# IBM Employee Attrition dataset

The purpose of this dataset is to analyze factors leading to employee attrition.

## 1. Exploratory Data Analysis

### 1.1. Imports

In [None]:
import pandas as pd
from matplotlib import pyplot as plt
import numpy as np
import seaborn as sns
from ipywidgets import interact
import warnings

from sklearn.model_selection import train_test_split

warnings.filterwarnings("ignore")
%matplotlib inline

### 1.2. Load dataset

In [None]:
df = pd.read_csv(r'../input/WA_Fn-UseC_-HR-Employee-Attrition.csv')
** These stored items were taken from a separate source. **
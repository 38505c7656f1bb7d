//! What closes a box in which each chord has one value.

ghost use Rattle.std.specs.Prelude.{◌≡◌, ◌≤◌, All, map, unsigned_abs, IfOk, length};
ghost use Rattle.flow_graph.specs.Arcs.{numbered};
ghost use Rattle.flow_graph.specs.Faithful.{GraphOf};
ghost use Rattle.flow_model.specs.Boxes.{LiesWithin, root_ranges};
ghost use Rattle.flow_graph.specs.Balance.{AreBalanced};
ghost use Rattle.flow_model.specs.Flows.{arc_cost, weigh_arcs};
ghost use Rattle.flow_model.specs.inner.Known.{NamesType};
ghost use Rattle.fixed_leaf.specs.Leaves.{AreTold, ChordsAreFixed, Settles};
ghost use Rattle.fixed_leaf.specs.inner.Found.{IsDemand, IsFound, unmet_by};

use crate::faults::{Fault, range_fault};
use crate::joints::net_of;
use crate::prices::{leaf_prices, unit_cost};
use crate::values::settled_values;
use arc_num::{Listed, MAX_NUMBERED, Memory};
use cert_text::Prices;
use flow_graph::{ArcKind, FlowGraph};
use flow_model::{Flow, FlowBox, FlowRow, Tally, first_bad};
use packing_laws::Instance;
use std::alloc::Global;

/// The one flow in a box, and what it costs. The cost may be too great for a claim: a bin arc may carry a unit for each unit
/// of the demands, whether or not something is in the bins.
#[derive(Clone, Debug, PartialEq, Eq, Drop)]
pub struct OnlyFlow {
    pub flow: Flow,
    pub cost: u128,
}

/// Prices that close a box, and the one flow that lies in it, if there is one.
#[derive(Clone, Debug, PartialEq, Eq, Drop)]
pub struct FixedLeaf {
    pub prices: Prices,
    pub flow: Option<OnlyFlow>,
}

/// Closes a box in which each chord has one value. Where a flow lies in it, that is the only one, and the prices close the
/// box for each bound up to what it costs; where none does, they close it for every claim.
pub fn fixed_leaf(
    alloc: Global,
    instance: &Instance,
    graph: &FlowGraph,
    ranges: &FlowBox,
) -> Result<FixedLeaf, Memory>
    requires graph { GraphOf instance.now graph.now }
    requires within { LiesWithin ranges.now (root_ranges instance.now graph.now) }
    requires fixed { ChordsAreFixed graph.now ranges.now }
    ensures told { IfOk result (λ leaf. AreTold instance.now graph.now leaf.prices) }
    ensures settled { IfOk result (λ leaf. Settles instance.now graph.now ranges.now leaf.prices leaf.flow) }
{
    instance.known();
    graph.known();
    let net = net_of(alloc, instance, graph)?;
    let values = settled_values(alloc, &net, ranges)?;
    match find_flow(alloc, instance, graph, ranges, values.as_slice())? {
        Found::Fault(fault) => Ok(FixedLeaf {
            prices: leaf_prices(alloc, instance, graph, &net, Some(fault))?,
            flow: None,
        }),
        Found::Flow(flow) => Ok(FixedLeaf {
            prices: leaf_prices(alloc, instance, graph, &net, None)?,
            flow: Some(flow),
        }),
    }
}

/// What balanced values of all arcs are in a box.
#[derive(Debug, Drop)]
enum Found {
    Flow(OnlyFlow),
    Fault(Fault),
}

// Whether the values are a flow in the box, and else why not.
fn find_flow(
    alloc: Global,
    instance: &Instance,
    graph: &FlowGraph,
    ranges: &FlowBox,
    values: &[i64],
) -> Result<Found, Memory>
    requires graph { GraphOf instance.now graph.now }
    requires within { LiesWithin ranges.now (root_ranges instance.now graph.now) }
    requires size { length values.now ≡ length (numbered graph.now) }
    requires balanced { AreBalanced graph.now values.now }
    ensures { IfOk result (IsFound instance.now graph.now ranges.now values.now) }
{
    instance.known();
    graph.known();
    if let Some(fault) = range_fault(ranges, values) {
        return Ok(Found::Fault(fault));
    }
    let flow = flow_of(alloc, values)?;
    let mut tally = Tally::new(alloc, graph)?;
    match first_bad(instance, graph, &flow, &mut tally) {
        None => {
            let cost = cost_of(instance, graph.row(), flow.values.as_slice());
            Ok(Found::Flow(OnlyFlow { flow, cost }))
        }
        Some(row) => Ok(Found::Fault(unmet(row))),
    }
}

// The item that a violated row of a demand names.
fn unmet(row: FlowRow) -> Fault
    requires { IsDemand row }
    ensures { result ≡ unmet_by row }
{
    match row {
        FlowRow::Demand { item } => Fault::Unmet { item },
        FlowRow::Node { .. } | FlowRow::Bound { .. } => unreachable!(),
    }
}

// The values, none of which is negative, as a flow.
fn flow_of(alloc: Global, values: &[i64]) -> Result<Flow, Memory>
    ensures { IfOk result (λ flow. flow.values ≡ map unsigned_abs values.now) }
{
    let mut list = Listed::empty(alloc);
    for value in values {
        list.push(value.unsigned_abs())?;
    }
    Ok(Flow { values: list })
}

// What the values of arcs cost.
fn cost_of(instance: &Instance, row: &[ArcKind], values: &[u64]) -> u128
    requires size { length values.now ≡ length row.now }
    requires few { length row.now ≤ MAX_NUMBERED }
    requires types { All (NamesType (length instance.now.types)) row.now }
    ensures { result ≡ weigh_arcs (arc_cost instance.now) row.now values.now }
{
    let mut cost = 0;
    for index in 0..row.len() {
        let unit = unit_cost(instance, &row[index]);
        cost += u128::from(unit) * u128::from(values[index]);
    }
    cost
}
Inspect some example entries in the dataset

In [None]:
df.head()

In [None]:
df.tail()

Features:

In [None]:
print(df.columns.values)

Are there any null values among the entries? (couple of ways to do this)

In [None]:
df.info()

In [None]:
df.isnull().any()

In [None]:
df.isnull().values.any()

As we can see there's no need to handle null values in the dataset

### 1.3. Feature analysis

Split dataframe to numerical and categorical features

In [None]:
cat_df = df.select_dtypes(include = 'object')
num_types = [t for t in df.dtypes.unique() if t not in cat_df.dtypes.unique()]
num_df = df.select_dtypes(include = num_types)

First let's print basic statistics about all the numerical features (like mean, std, percentiles etc.)

In [None]:
num_df.describe()

We delete all the numerical features with 0 variance (all observations are the same) - they don't provide any useful information.

In [None]:
drop_labels = num_df.columns[num_df.std() == 0]
num_df.drop(columns = drop_labels, inplace = True)
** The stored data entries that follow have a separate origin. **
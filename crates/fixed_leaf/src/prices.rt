//! The prices that close a box.

ghost use Rattle.std.specs.Prelude.{◌≡◌, ℕ, ◌*◌, ◌^◌, ◌<◌, ◌≤◌, pos, All, unsigned_abs, IfOk, length};
ghost use Rattle.flow_graph.specs.Arcs.{numbered};
ghost use Rattle.flow_graph.specs.Faithful.{GraphOf};
ghost use Rattle.flow_model.specs.Flows.{arc_cost};
ghost use Rattle.flow_model.specs.inner.Known.{NamesType};
ghost use Rattle.fixed_leaf.specs.inner.Nets.{IsForest, IsNetOf};
ghost use Rattle.fixed_leaf.specs.inner.Priced.{ArePricesFor, ArePricesOf, height_in, items_for, listed_from, price_for, scale_for};

use crate::faults::Fault;
use crate::heights::{carried, tree_heights};
use crate::joints::{Joint, Net};
use arc_num::{Listed, MAX_NUMBERED, Memory};
use cert_text::{ArcPrice, ItemPrice, Prices};
use flow_graph::{ArcKind, FlowGraph};
use packing_laws::Instance;
use std::alloc::Global;

/// The prices that show a fault; without one those that show what the flow costs. No bin gains more than it costs.
pub(crate) fn leaf_prices(
    alloc: Global,
    instance: &Instance,
    graph: &FlowGraph,
    net: &Net,
    fault: Option<Fault>,
) -> Result<Prices, Memory>
    requires graph { GraphOf instance.now graph.now }
    requires net { IsNetOf graph.now net.now }
    ensures { IfOk result (ArePricesFor instance.now graph.now net.now.joints fault) }
{
    instance.known();
    graph.known();
    let row = graph.row();
    let joints = net.joints.as_slice();
    let heights = tree_heights(alloc, row, net, fault)?;
    let prices = arc_prices(alloc, instance, row, joints, heights.as_slice(), fault)?;
    let items = item_prices(alloc, fault)?;
    let arcs = listed(alloc, prices.as_slice())?;
    Ok(Prices {
        scale: scale(fault),
        items,
        arcs,
    })
}

// The prices of all arcs by place.
fn arc_prices(
    alloc: Global,
    instance: &Instance,
    row: &[ArcKind],
    joints: &[Joint],
    heights: &[i64],
    fault: Option<Fault>,
) -> Result<Vec<i64>, Memory>
    requires size { length row.now ≡ length joints.now }
    requires types { All (NamesType (length instance.now.types)) row.now }
    requires tails { All (λ j. j.tail < length heights.now) joints.now }
    requires heads { All (λ j. j.head < length heights.now) joints.now }
    requires small { (p : ℕ) → unsigned_abs (height_in heights.now p) ≤ 2 ^ 22 }
    ensures { IfOk result (λ prices. ArePricesOf instance.now row.now joints.now fault heights.now prices.items) }
{
    let mut prices = Vec::new(alloc);
    for index in 0..joints.len() {
        let price = arc_price(instance, &row[index], &joints[index], heights, fault);
        prices.push(price)?;
    }
    Ok(prices)
}

// What an arc rises and costs, less what it is priced for its item.
fn arc_price(
    instance: &Instance,
    kind: &ArcKind,
    joint: &Joint,
    heights: &[i64],
    fault: Option<Fault>,
) -> i64
    requires of_type { NamesType (length instance.now.types) kind.now }
    requires tail { joint.now.tail < length heights.now }
    requires head { joint.now.head < length heights.now }
    requires small { (p : ℕ) → unsigned_abs (height_in heights.now p) ≤ 2 ^ 22 }
    ensures value { result ≡ price_for instance.now fault heights.now kind.now joint.now }
    ensures small { unsigned_abs result ≤ 2 ^ 62 }
{
    let rise = heights[joint.head] - heights[joint.tail];
    let cost = scaled_cost(instance, kind, fault);
    rise + cost - carried(fault, kind)
}

// What a unit on an arc costs, in units of the scale.
fn scaled_cost(instance: &Instance, kind: &ArcKind, fault: Option<Fault>) -> i64
    requires { NamesType (length instance.now.types) kind.now }
    ensures value { result ≡ pos (scale_for fault * arc_cost instance.now kind.now) }
    ensures small { unsigned_abs result ≤ 2 ^ 32 }
{
    match fault {
        Some(_) => 0,
        None => i64::from(unit_cost(instance, kind)),
    }
}

/// What a unit on an arc costs.
pub(crate) fn unit_cost(instance: &Instance, kind: &ArcKind) -> u32
    requires { NamesType (length instance.now.types) kind.now }
    ensures { result ≡ arc_cost instance.now kind.now }
{
    match *kind {
        ArcKind::Bin { t } => match instance.bin_type(t) {
            Some(bin_type) => bin_type.cost,
            None => unreachable!(),
        },
        ArcKind::Loss { .. } | ArcKind::Piece { .. } => 0,
    }
}

// The prices that are not 0.
fn listed(alloc: Global, prices: &[i64]) -> Result<Listed<ArcPrice>, Memory>
    requires { length prices.now ≤ MAX_NUMBERED }
    ensures { IfOk result (λ listed. listed ≡ listed_from 1 prices.now) }
{
    let mut listed = Listed::empty(alloc);
    let mut arc = 0;
    for price in prices {
        arc += 1;
        if *price != 0 {
            listed.push(ArcPrice { arc, price: *price })?;
        }
    }
    Ok(listed)
}

// The price of an item that is carried too seldom.
fn item_prices(alloc: Global, fault: Option<Fault>) -> Result<Listed<ItemPrice>, Memory>
    ensures { IfOk result (λ items. items ≡ items_for fault) }
{
    let mut items = Listed::empty(alloc);
    if let Some(Fault::Unmet { item }) = fault {
        items.push(ItemPrice { item, price: 1 })?;
    }
    Ok(items)
}

// Bins are worth nothing where something is wrong.
fn scale(fault: Option<Fault>) -> u64
    ensures { result ≡ scale_for fault }
{
    if fault.is_none() { 1 } else { 0 }
}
We can also analyze all the numerical features that have discrete values from a very short range just like we analyze categorical features.

In [None]:
potential_cat_df = num_df[num_df.columns[num_df.nunique() <= 5]].astype('str')
reduced_num_df = num_df.drop(columns=potential_cat_df.columns)
ext_cat_df = pd.concat([cat_df, potential_cat_df], axis=1)

Let's inspect statistics about categorical features.

In [None]:
cat_df.describe()

Just as we did above, we delete Over18 column as every employee from the dataset is older than 18.

In [None]:
drop_labels = cat_df.columns[cat_df.nunique() == 1]
cat_df.drop(columns = drop_labels, inplace = True)
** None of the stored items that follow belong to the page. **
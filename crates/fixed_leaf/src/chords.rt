//! Which arcs are chords.

ghost use Rattle.std.specs.Prelude.{◌≡◌, IfOk, map, not};
ghost use Rattle.flow_graph.specs.Faithful.{GraphOf};
ghost use Rattle.fixed_leaf.specs.Leaves.{TellsChords};

use crate::joints::{Joint, net_of};
use arc_num::{Listed, Memory};
use flow_graph::FlowGraph;
use packing_laws::Instance;
use std::alloc::Global;

/// Which arcs of a graph are chords, by number.
pub fn chords_of(
    alloc: Global,
    instance: &Instance,
    graph: &FlowGraph,
) -> Result<Listed<bool>, Memory>
    requires { GraphOf instance.now graph.now }
    ensures { IfOk result (TellsChords graph.now) }
{
    let net = net_of(alloc, instance, graph)?;
    chord_flags(alloc, net.joints.as_slice())
}

// Which of these are no tree arcs.
fn chord_flags(alloc: Global, joints: &[Joint]) -> Result<Listed<bool>, Memory>
    ensures { IfOk result (λ flags. flags ≡ map (λ j. not j.tree) joints.now) }
{
    let mut flags = Listed::empty(alloc);
    for joint in joints {
        flags.push(!joint.tree)?;
    }
    Ok(flags)
}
Distribution plots for numerical features:

In [None]:
def num_dist_plot(feature):
    sns.distplot(df[feature])
interact(num_dist_plot, feature=reduced_num_df.columns);

Another column that looks like it might not be necesarry for data analysis based on the distribution plot is EmployeeNumber. The meaning of this column is probably Employee ID.

In [None]:
num_df["EmployeeNumber"].nunique()

As it should be for an ID number every employee has unique one, so this attribute is redundant.

In [None]:
num_df.drop(columns = "EmployeeNumber", inplace = True)

Now let's see correlation between the features

In [None]:
corr = num_df.corr()
mask = np.array(corr)
mask[np.tril_indices_from(mask)] = False
fig=plt.gcf()
fig.set_size_inches(30,12)
sns.heatmap(data = corr, mask = mask, square = True, annot = True, cbar = True);

Some features are predictably strongly correlated like: total working years with income and age, etc.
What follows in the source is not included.